Le seuil d'âge pour bénéficier de l'exonération des cotisations patronales passe de 70 à 80 ans, entraînant une hausse des coûts pour de nombreux foyers dès juillet 2026. C'est la fin d'une niche qui aidait grandement une partie des seniors. Jusque-là, les plus de 70 ans qui employaient une aide à domicile pouvaient bénéficier d'une exonération de cotisations patronales. Mais l'âge minimum pour bénéficier de ces cotisations a désormais été relevé à 80 ans.
Bien que prévue dans la loi de finances pour 2026, cette disposition a fait l'objet d'un décret publié par le gouvernement le 8 avril dernier. Et bonne nouvelle, si le dispositif a initialement été envisagé comme rétroactif pour le début d'année 2026, « l'exonération reste appliquée pour vos déclarations jusqu'à la période d'emploi du mois de juin 2026 inclus », souligne le site de l'Urssaf.

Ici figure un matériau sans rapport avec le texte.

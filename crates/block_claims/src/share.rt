//! What a seat at the table knows. No value of `Share` is made: it is what contracts see behind a seat.

use std::collections::LinkedList;

/// How many blocks there are to draw, and how many drawers. It is fixed when the table is made.
#[derive(Clone, Copy, Debug, PartialEq, Eq)]
pub struct Totals {
    /// 1 to 2^32.
    pub blocks: u64,
    /// 1 to 64.
    pub drawers: u64,
}

/// What a seat knows: the blocks that the drawers drew for which it stands.
pub struct Share {
    /// How many blocks and drawers there are, which a step cannot read from the table itself.
    pub totals: Totals,
    /// The blocks that were drawn, in rising order.
    pub drawn: LinkedList<u64>,
    /// How many drawers it stands for.
    pub drawers: u64,
    /// How many of these have ended.
    pub ended: u64,
}
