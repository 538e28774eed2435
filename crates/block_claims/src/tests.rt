//! Drawers that draw in turn, and in threads of their own.
ghost use Rattle.std.specs.Prelude.{◌≡◌, ◌≤◌, ◌^◌, All, true};
ghost use Rattle.block_claims.specs.Drawers.{has_ended, BelongsTo, IsNew};

use super::{Claims, Drawer};
use std::alloc::Global;
use std::process::Abort;
use std::sync::atomic::{AtomicU64, Ordering};
use std::test::Fail;
use std::thread;
use std::thread::Threads;

#[test]
fn two_drawers_draw_three_blocks(rt: HostRuntime) -> Result<(), Fail> {
    let (claims, mut drawers) = Claims::create(rt.alloc(), 3, 2)?;
    assert!(rt; claims.draw(&mut drawers[1]) == Some(0));
    assert!(rt; claims.draw(&mut drawers[0]) == Some(1));
    assert!(rt; claims.draw(&mut drawers[1]) == Some(2));
    assert!(rt; claims.draw(&mut drawers[0]).is_none());
    assert!(rt; claims.has_ended(&drawers[0]) && !claims.has_ended(&drawers[1]));
    assert!(rt; claims.gather(drawers));
    Ok(())
}

#[test]
fn nobody_has_ended(rt: HostRuntime) -> Result<(), Fail> {
    let (claims, mut drawers) = Claims::create(rt.alloc(), 2, 2)?;
    assert!(rt; claims.draw(&mut drawers[0]) == Some(0));
    assert!(rt; claims.draw(&mut drawers[0]) == Some(1));
    assert!(rt; !claims.has_ended(&drawers[0]) && !claims.has_ended(&drawers[1]));
    assert!(rt; !claims.gather(drawers));
    Ok(())
}

#[test]
fn each_drawer_ends(rt: HostRuntime) -> Result<(), Fail> {
    let (claims, mut drawers) = Claims::create(rt.alloc(), 1, 3)?;
    assert!(rt; claims.draw(&mut drawers[2]) == Some(0));
    assert!(rt; claims.draw(&mut drawers[0]).is_none());
    assert!(rt; claims.draw(&mut drawers[1]).is_none());
    assert!(rt; claims.draw(&mut drawers[2]).is_none());
    assert!(rt; claims.has_ended(&drawers[0]) && claims.has_ended(&drawers[2]));
    assert!(rt; claims.gather(drawers));
    Ok(())
}

#[test]
fn most_blocks_and_drawers(rt: HostRuntime) -> Result<(), Fail> {
    let (claims, mut drawers) = Claims::create(rt.alloc(), 1 << 32, 64)?;
    assert!(rt; drawers.len() == 64);
    assert!(rt; claims.draw(&mut drawers[63]) == Some(0));
    assert!(rt; !claims.gather(drawers));
    Ok(())
}

// Draws until no block is left, and marks each block that it draws. It has ended then: so a loop of one draw
// more than there are blocks is never run through.
fn draw_all(claims: &Claims, drawer: &mut Drawer, blocks: u64, marks: &[AtomicU64])
    requires new { IsNew claims.now drawer.old }
    requires blocks { claims.now.totals.blocks ≡ blocks }
    requires few { blocks ≤ 2 ^ 32 }
    ensures of { BelongsTo claims.now drawer.new }
    ensures ended { has_ended drawer.new ≡ true }
{
    for _turn in 0..blocks + 1 {
        let Some(block) = claims.draw(drawer) else {
            return;
        };
        if let Some(mark) = marks.get(block as usize) {
            mark.fetch_add(1, Ordering::SeqCst);
        }
    }
    unreachable!()
}

// Each drawer draws in a thread of its own until no block is left.
fn draw_at_once<H: Threads + Sync>(
    rt: &H,
    claims: &Claims,
    drawers: &mut [Drawer],
    blocks: u64,
    marks: &[AtomicU64],
)
    requires new { All (IsNew claims.now) drawers.old }
    requires blocks { claims.now.totals.blocks ≡ blocks }
    requires few { blocks ≤ 2 ^ 32 }
    ensures of { All (BelongsTo claims.now) drawers.new }
    ensures ended { All (λ d. has_ended d ≡ true) drawers.new }
{
    let count = drawers.len();
    if count > 0 {
        thread::for_each_mut(
            rt,
            drawers,
            count,
            &|_, drawer: &mut Drawer|
                requires new { IsNew claims.now drawer.now }
                requires blocks { claims.now.totals.blocks ≡ blocks }
                requires few { blocks ≤ 2 ^ 32 }
                ensures of { BelongsTo claims.entry.now drawer.exit.now }
                ensures ended { has_ended drawer.exit.now ≡ true }
            { draw_all(claims, drawer, blocks, marks) },
        );
    }
}

// So many threads draw so many blocks: each is drawn once, and each drawer has ended.
fn share_out<H: Threads + Abort + Sync>(
    rt: &H,
    alloc: Global,
    blocks: u64,
    threads: u64,
) -> Result<(), Fail>
    requires blocks { (1 ≤ blocks) × (blocks ≤ 2 ^ 32) }
    requires threads { (1 ≤ threads) × (threads ≤ 64) }
{
    let (claims, mut drawers) = Claims::create(alloc, blocks, threads)?;
    let mut marks = Vec::new(alloc);
    for _block in 0..blocks {
        marks.push(AtomicU64::new(0))?;
    }
    draw_at_once(
        rt,
        &claims,
        drawers.as_mut_slice(),
        blocks,
        marks.as_slice(),
    );
    for mark in &marks {
        assert!(rt; mark.load(Ordering::SeqCst) == 1);
    }
    assert!(rt; claims.gather(drawers));
    Ok(())
}

#[test]
fn threads_draw_each_block_once(rt: HostRuntime) -> Result<(), Fail> {
    share_out(&rt, rt.alloc(), 1, 8)?;
    share_out(&rt, rt.alloc(), 1000, 2)?;
    share_out(&rt, rt.alloc(), 5000, 8)?;
    share_out(&rt, rt.alloc(), 300, 64)
}
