//! The root table of plain mode: a word for each named vector, whose place is the vector's identifier for
//! good.
//!
//! Each answer is one call of one history, made at one atomic step. The words stand in the shared table
//! behind those of the nodes, and are filled without a lock (after Laarman, van de Pol and Weber 2010).
#![tactic(auto)]

mod find;
mod flag;
mod flag_steps;
pub mod laws;
mod plays;
mod put;
mod root;
mod steps;
mod table;

pub use find::{find_id, root_pair};
pub use flag::{clear_flag, flags, set_flag};
pub use put::put_root;
pub use root::{PlainRoot, Roots};
pub use table::PlainTable;

#[cfg(test)]
mod tests;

D'après le portail France Emploi Domicile, en effet, « par tolérance, il n'y aura pas de régularisation des cotisations sociales pour la période antérieure à juillet 2026 ».
Autre changement notable : jusque-là, les couples pouvaient bénéficier de cette exonération dès lors qu'un des deux conjoints avait atteint l'âge requis. Désormais, il faudra que les deux soient âgés de 80 ans.
15 % d'augmentation
Pour des milliers d'employeurs à domicile, les dépenses devraient donc augmenter, pour la deuxième moitié de l'année, d'une moyenne de 15 %. Un simulateur en ligne a été mis en place sur le site de l'Urssaf pour estimer le coût de l'emploi d'une aide à domicile. Mais cette niche fiscale devrait toujours fonctionner pour certaines catégories d'employeurs : des exonérations sont en effet prévues pour les « particuliers employeurs en fonction de leur état de santé ou pour les parents d'un enfant en situation de handicap », précise l'Urssaf.
Parmi eux, les personnes touchant l'allocation personnalisée d'autonomie (APA), les personnes touchant la Prestation de compensation du handicap (PCH), les titulaires d'une carte d'invalidité à 80 %, les personnes reconnues en incapacité totale de travailler ou les parents d'un enfant ouvrant droit au complément d'allocation d'éducation de l'enfant handicapé (AEEH).